From: CYMM (cymm@trinidad.net)
Date: Thu Aug 31 2000 - 14:39:56 MDT
Hal,
I understand this. But the usual expectations of quantum orthodoxy are not
what I'm speaking about.
In this mysticism thing, I'm referring to the ideas of people who see modern
QM as a degenerate form of a wider case. Who see room for the empirical
validation of mysticism & spiritism in physics already hinted at by the
developments in quantum & computational science of the first half of the
20th century.
If quantum computations arise out of a much bigger set than the continuum...
(eg., in a many worlds situation - if the manifold was
(uncharacteristically) also propagated for each one of the superpositions
as, I think, the physics maverick Roger Gouin pointed out...), then it may
be possible to do wierd things.
Check my wording that you quote below... I'm not asserting things about
classical quantum machines, cool as they admittedly are; I'm suggesting
things about quantum weirdness that might arise if we continue the trail in
the 21st century - following the spirit of the formulations done in the
20th century... and what we might find when we go and actually build mature
quantum computers.
If quantum computations arise, not in this physical manifold but, beyond...

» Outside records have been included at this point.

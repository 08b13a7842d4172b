//! A text as lines or as pieces, and a line as words.

ghost use Rattle.std.specs.Prelude.{◌≡◌, ◌≤◌, ◌==◌, ◌∷◌, IfOk, length, position, take};
ghost use Rattle.std.specs.List.{slice_split};
ghost use Rattle.pct_ask.specs.VerdictWords.{words_of};
ghost use Rattle.pct_ask.specs.Pieces.{pieces_of, seen, pieces_after, length_after};

use std::alloc::{AllocError as NoMemory, Global};

/// The first line of a text, and what comes after its LF, if it has one.
pub fn cut_line(text: &[u8]) -> (&[u8], Option<&[u8]>)
    ensures pieces { pieces_of text.now ≡ result.0.now ∷ pieces_after result.1 }
    ensures shorter { length_after result.1 ≤ length text.now }
{
    match first_end(text) {
        Some(end) => (&text[..end], Some(&text[end + 1..])),
        None => (text, None),
    }
}

/// Where the first LF stands.
pub(crate) fn first_end(text: &[u8]) -> Option<usize>
    ensures { result ≡ position (λ b. b == 10) text.now }
{
    text.iter().position(|b| *b == b'\n')
}

/// The pieces of a text between which the separator stands. Of a text with more than `most` pieces
/// these are only the first.
pub fn first_pieces(
    alloc: Global,
    text: &[u8],
    separator: u8,
    most: usize,
) -> Result<Vec<&[u8]>, NoMemory>
    ensures { IfOk result (λ pieces. seen pieces.items
        ≡ take most (slice_split (λ b. b == separator) text.now)) }
{
    let mut pieces = Vec::new(alloc);
    for piece in text.split(|b| *b == separator).take(most) {
        pieces.push(piece)?;
    }
    Ok(pieces)
}

/// The words of a line, which single spaces separate. Of a line with more than `most` words these
/// are only the first.
pub fn first_words(alloc: Global, line: &[u8], most: usize) -> Result<Vec<&[u8]>, NoMemory>
    ensures { IfOk result (λ words. seen words.items ≡ take most (words_of line.now)) }
{
    first_pieces(alloc, line, b' ', most)
}
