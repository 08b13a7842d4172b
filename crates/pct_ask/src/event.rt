ghost use Rattle.std.specs.Prelude.{◌≡◌, ◌↔◌, IsTrue};

use crate::ask::Ask;
use crate::sequence::Sequence;
use crate::verdict::Verdict;

/// One step of a run: a thread's ask and the answer that it was given.
#[derive(Clone, Copy, Debug, PartialEq, Eq, Hash)]
pub struct Event {
    pub thread: u32,
    /// The line of the test that asked, from 1.
    pub line: u32,
    pub ask: Ask,
    pub answer: i64,
}

impl Event {
    /// Whether two steps are the same: thread, line, ask and answer. So is `==`.
    pub fn is(&self, other: &Event) -> bool
        ensures { IsTrue result ↔ (self.now ≡ other.now) }
    {
        self == other
    }
}

/// What is known of a thread's next post.
#[derive(Clone, Copy, Debug, PartialEq, Eq, Hash)]
pub enum Standing {
    /// It hasn't posted since its last answer.
    Away,
    Asks,
    Ended,
}

/// The run of one seed: how many steps it took and how it ended.
#[derive(Clone, Copy, Debug, PartialEq, Eq, Hash)]
pub struct Row {
    pub seed: u64,
    pub steps: u32,
    pub verdict: Verdict,
}

/// The steps of a run, in order.
pub type EventList = Sequence<Event>;

/// The runs of a campaign, in the order of their seeds.
pub type RowList = Sequence<Row>;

in some set much larger than that amenable to our current mathematical
analysis, then this might show up in the things that I mentioned.

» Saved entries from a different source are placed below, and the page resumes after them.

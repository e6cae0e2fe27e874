// What is printed of a run.
ghost use Rattle.std.specs.Prelude.{◌≡◌};
ghost use Rattle.tape.specs.Prints.{with_dark};

use crate::dollars::Dollars;
use crate::run::{Outcome, run};
use book::memory::Memory;
use market::codes::Kind;
use market::orders::{DarkOrder, Fill, LitOrder};
use rules::examples::Example;
use std::io;

// Runs an example over memory of its own, and prints its trades and the shares cancelled, or why it stopped.
pub fn show(rt: &impl Print, example: Example) -> io::Result<()> {
    let mut dark = [DarkOrder::default(); 256];
    let mut lit = [LitOrder::default(); 256];
    let mut fills = [Fill::default(); 513];
    println!(rt; "example {}", example.number())?;
    let mut memory = Memory {
        dark: &mut dark,
        lit: &mut lit,
        fills: &mut fills,
    };
    match run(example, &mut memory) {
        Ok(outcome) => show_outcome(rt, outcome, &fills),
        Err(refused) => println!(rt; "{refused}"),
    }
}

fn show_outcome(rt: &impl Print, outcome: Outcome, fills: &[Fill<u32>]) -> io::Result<()> {
    for fill in fills.iter().take(outcome.trades as usize) {
        show_fill(rt, fill)?;
    }
    println!(rt; "cancelled {}", outcome.cancelled)
}

// Whether a Dark order took part.
fn has_dark(kind: Kind) -> bool
    ensures { result ≡ with_dark kind }
{
    kind != Kind::SdlLit
}

fn show_fill(rt: &impl Print, fill: &Fill<u32>) -> io::Result<()> {
    let dollars = Dollars::from_units(fill.price);
    let mark = if has_dark(fill.kind) { "dark" } else { "lit" };
    println!(rt; "{} {} {dollars} {mark}", fill.number, fill.shares)
}
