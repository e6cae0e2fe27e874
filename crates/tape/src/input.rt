// Which example a text asks for.
ghost use Rattle.std.specs.Prelude.{◌≡◌};
ghost use Rattle.std.specs.Result.{result_ok};
ghost use Rattle.tape.specs.Input.{example_in};

use rules::examples::{Example, NoSuchExample};

// One digit, with at most one line end after it.
pub fn asked(text: &[u8]) -> Result<Example, NoSuchExample>
    ensures { result_ok result ≡ example_in text.now }
{
    match text {
        [digit] | [digit, b'\n'] | [digit, b'\r', b'\n'] => Example::try_from(*digit),
        _ => Err(NoSuchExample),
    }
}
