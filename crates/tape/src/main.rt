// Asked for a worked example by its digit, prints the trades that the engine makes of it.
#![tactic(auto)]

mod dollars;
mod input;
mod run;
mod show;

use crate::input::asked;
use crate::show::show;
use std::io;
use std::io::Read;

// A digit, a line end of two bytes, and one byte more, by which too long a text is seen.
const ENOUGH: u64 = 4;

fn main(rt: HostRuntime) -> io::Result<()> {
    // What holds of the engine that runs here, as theorems on the contracts of these functions.
    rules::cases_stand();
    rules::choices_stand();
    rules::needs_stand();
    rules::setups_stand();
    let mut text = Vec::new(rt.alloc());
    let _ = rt.stdin().take(ENOUGH).read_to_end(&mut text)?;
    match asked(text.as_slice()) {
        Ok(example) => show(&rt, example),
        Err(none) => println!(rt; "{none}"),
    }
}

Certainly the trail is suggestive - the QWF is deterministic to a flaw; yet
the stupid Born criterion isn't... I smell a rat there!
The nice thing about all this is that it's empirically testable - and we can
actually start doing real experiments shortly ( 3 - 10 years); as the
quantum computer technology becomes available.

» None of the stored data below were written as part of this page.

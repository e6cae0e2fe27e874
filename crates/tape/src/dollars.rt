// Prices as people read them.
ghost use Rattle.std.specs.Prelude.{◌≡◌, ◌+◌, ◌*◌, ◌<◌};

use std::fmt;

// An amount in dollars, with the ten-thousandths of a dollar beside the whole ones.
#[derive(Clone, Copy)]
pub struct Dollars {
    whole: u32,
    ten_thousandths: u32,
}

impl Dollars {
    // A price in quarter cents: 400 to the dollar, so that each is 25 ten-thousandths. By a name and not by `From`, since
    // the number alone does not say its unit.
    pub fn from_units(units: u32) -> Dollars
        ensures sum { result.whole * 10000 + result.ten_thousandths ≡ units * 25 }
        ensures fraction { result.ten_thousandths < 10000 }
    {
        Dollars {
            whole: units / 400,
            ten_thousandths: units % 400 * 25,
        }
    }
}

impl fmt::Display for Dollars {
    fn fmt<W: fmt::Write>(&self, f: &mut fmt::Formatter<W>) -> fmt::Result {
        write!(f, "{}.{:04}", self.whole, self.ten_thousandths)
    }
}
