// A worked example run through the engine.
ghost use Rattle.std.specs.Prelude.{◌≡◌};
ghost use Rattle.book.specs.Steps.{New, SameMemory, lengths_of};
ghost use Rattle.rules.specs.Cases.{memory as places};
ghost use Rattle.tape.specs.Runs.{Brought, ComesTo};

use book::book::Book;
use book::call::Call;
use book::memory::Memory;
use market::ground::Ground;
use matching::active::Priorities;
use priority::priority::{EnoughSize, OwnMember, Pile};
use rules::examples::Example;
use std::fmt;

// The facility's book: Dark orders go by Own Member, then by Enough Size, and lit orders by Own Member.
type FacilityBook = Book<Pile<OwnMember, EnoughSize>, OwnMember>;

const LOT: u32 = 100;

// What the call that trades came to: how many trades, and how many shares of its order were cancelled.
#[derive(Clone, Copy)]
pub struct Outcome {
    pub trades: u32,
    pub cancelled: u32,
}

// A call of an example that was refused, by its place among the calls.
#[derive(Clone, Copy)]
pub struct Refused {
    pub call: usize,
    pub ground: Ground,
}

impl fmt::Display for Refused {
    fn fmt<W: fmt::Write>(&self, f: &mut fmt::Formatter<W>) -> fmt::Result {
        write!(
            f,
            "call {} refused: ground {}",
            self.call,
            self.ground.number()
        )
    }
}

// A book at lot 100, which is a lot that there is.
fn new_book() -> FacilityBook
    ensures { New 100 result.priorities result }
{
    let dark = Pile {
        upper: OwnMember,
        lower: EnoughSize,
    };
    let priorities = Priorities {
        dark,
        lit: OwnMember,
    };
    Book::new(LOT, priorities).unwrap()
}

// Every call in turn, up to the first that is refused.
fn bring_about(
    book: &mut FacilityBook,
    memory: &mut Memory<u32>,
    calls: &[Call<u32>],
) -> Result<(), Refused>
    requires lot { book.old.core.lot ≡ 100 }
    requires memory { lengths_of memory.old ≡ places }
    ensures lot { book.new.core.lot ≡ 100 }
    ensures memory { lengths_of memory.new ≡ places }
    ensures same { SameMemory memory.old memory.new }
    ensures brought { Brought calls.now book.old memory.old result book.new memory.new }
{
    for (i, call) in calls.iter().enumerate() {
        let place = i + 1;
        let _ = book.apply(memory, call).map_err(|ground| Refused {
            call: place,
            ground,
        })?;
    }
    Ok(())
}

// An example's calls on a new book, over memory that stays the caller's; its trades are the first places of the list.
pub fn run(example: Example, memory: &mut Memory<u32>) -> Result<Outcome, Refused>
    requires { lengths_of memory.old ≡ places }
    ensures same { SameMemory memory.old memory.new }
    ensures trades { ComesTo example result memory.new.fills.now }
{
    let mut book = new_book();
    let calls = example.setup();
    bring_about(&mut book, memory, calls)?;
    let last = calls.len() + 1;
    let (trades, _, cancelled) = book
        .apply(memory, &example.last())
        .map_err(|ground| Refused { call: last, ground })?;
    Ok(Outcome { trades, cancelled })
}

Actually... hmmm... one is available - it's quite degenerate. A tunnel
diode. You can look at it as a quantum computer that outputs a random stream
of numbers. If it doesn't - you'd better ask why.
***************************
As for the very last part of your letter, remember the poor Turing machine
runs on some serious limitations, it's crummy tape is denumerable and not
even dense. Ugh!
So it's quite possible that quantum systems of the types we're positing are
not computationally isomorphic with an infinite Tiring (...er, Turing...)
machine. From that you might beable to swing a deterministic yet
'noncomputable' universe.
cymm
-----Original Message-----
From: hal@finney.org <hal@finney.org>
To: extropians@extropy.org <extropians@extropy.org>
Date: Thursday, August 31, 2000 3:05 PM
Subject: Re: Mysticism (WAS) E.S.P. in the Turing Test
>Cymm writes:
>> But once we develop quantum computers we'll probably find out: not only
will
>> they handle exponential problems in polynomial time - but they'll
probably
>> (in these weird scenarios) solve Turing Incomputable problems in
polynomial
>> time - or even flat time.
>
>Actually, no, quantum computers are not expected to solve exponential
>problems in polynomial time. More precisely, there are no problems
>known to be exponential on classical computers which are polynomial on
>quantum computers.
>
>Quantum computers can cut the exponent down on search problems, which
>are known to be exponential on both kinds of computers. The speedup
>is potentially even greater on some special math problems (factoring
>for example) but the true complexity of those problems on convential
>computers is not known.
>
>Quantum computers are not at all expected to solve Turing uncomputable
>problems like the halting problem. From what I understand, they are
>subject to the same proofs of uncomputability.